У Зинаиды был прекрасный голос и актерский дар. Повзрослев, она много путешествовала, выступала на оперных сценах в Лондоне, Париже и Вене. В 1810 году светская дама вышла замуж за князя Никиту Волконского. В 1824-ом году супруги осели в Москве.

Как только Зиночка вернулась под мою крышу - я сразу понял, скучной жизни конец! И не ошибся. Дом вновь наполнился дамским шепотом, томным ароматом духов и живых цветов. 

И ЖИЗНЬ, И СЛЕЗЫ, И ЛЮБОВЬ

Зинаида ввела в моду литературные и музыкальные вечера. Слава об этих светских раутах гремела по всей Москве. Моими частыми гостями были Пушкин, Жуковский, Давыдов, Одоевский, Алябьев и многие другие передовые люди середины 19 века. Помню, как Александр Сергеевич задумчиво расхаживал в гостиной с блокнотом в руках. Неловко краснел в присутствии Зины, а когда она бросала не него взгляд, быстро отворачивался к окну. Я-то сразу понял: «Влюбился, голубчик!» И оказался прав! Именно Волконской Пушкин посвятил известный эпитет «Царица муз и красоты». Были и другие строки, в которых он восхищался Зинаидой.

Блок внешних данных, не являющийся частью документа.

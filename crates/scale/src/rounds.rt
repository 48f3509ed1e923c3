//! What is left of an order's rounds. Each pass of a loop, and each call of a function by itself, is to spend one.
ghost use Rattle.std.specs.Prelude.{◌≡◌, ◌+◌, ◌<◌, ◌≤◌};

/// It can't be copied, and no method raises it. Whoever spends a round proves that one is left.
// It has no model, which would hide from callers that there are few.
#[derive(Debug, Drop)]
pub struct Rounds {
    left: u32,
    ghost few: { left ≤ 4096 },
}

impl Rounds {
    ghost use Rattle.scale.specs.Rounds.{left_of};

    /// All rounds of an order.
    pub fn new() -> Rounds
        ensures { left_of result ≡ 4096 }
    {
        Rounds { left: 4096 }
    }

    /// Spends one.
    pub fn spend(&mut self)
        requires { 0 < left_of self.old }
        ensures { left_of self.new + 1 ≡ left_of self.old }
    {
        self.left -= 1;
    }
}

Среди рассеянной Москвы, При толках виста и бостона, При бальном лепете молвы Ты любишь игры Аполлона.

Александр Сергеевич был не единственным поклонником Волконской. Ей симпатизировал сам Александр Первый! День и ночь мои пороги обивал робкий юноша Дмитрий Веневитинов. Он, буквально, забрасывал мою хозяйку стихами. Их названия говорили сами за себя: «К моей богине», «Три розы», «Нежданный праздник». 

Нежные чувства к Зинаиде питал еще один завсегдатай литературного салона - поэт Иван Козлов. Он посвятил даме сердца следующие строки:

О, помню я, каким огнем Сияли очи голубые, Как на челе ее младом Вилися кудри золотые! И помню звук ее речей, Как помнят чувство дорогое; Он слышится в душе моей, В нем было что-то неземное.

В общем, удивительной женщиной была Зина. И я горжусь тем, что был с ней знаком. Будь я мужчиной, а не домом, наверное, тоже упал бы к ее ногам!

В 1826 году под моей крышей сделала последнюю остановку перед поездкой в Сибирь Мария Волконская - жена декабриста Сергея Волконского, - родного брата супруга Зинаиды. 

Сергей Григорьевич принимал активное участие в движении декабристов. Уже после выступлений на Сенатской площади он присоединился к восстанию Черниговского полка. Был арестован и заключен в Петропавловскую крепость. Волконского лишили всех чинов и дворянства, и приговорили к 20 годам ссылки в Сибирь. Верная жена последовала за мужем в холодный и суровый край.

«Прощальный вечер» был полон и сладких воспоминаний, и горечи от предстоящей разлуки. Дамы утирали слезы и клялись друг другу в вечной дружбе. 

Проводы Марии Волконской с документальной точностью описал литератор Николай Некрасов в своей поэме «Русские женщины». 

Ну, словом, что было в Москве повидней, Что в ней мимоездом гостило, Все вечером съехались к Зине моей: Артистов тут множество было, Певцов итальянцев тут слышала я, Что были тогда знамениты… Отца моего сослуживцы, друзья Тут были, печалью убиты.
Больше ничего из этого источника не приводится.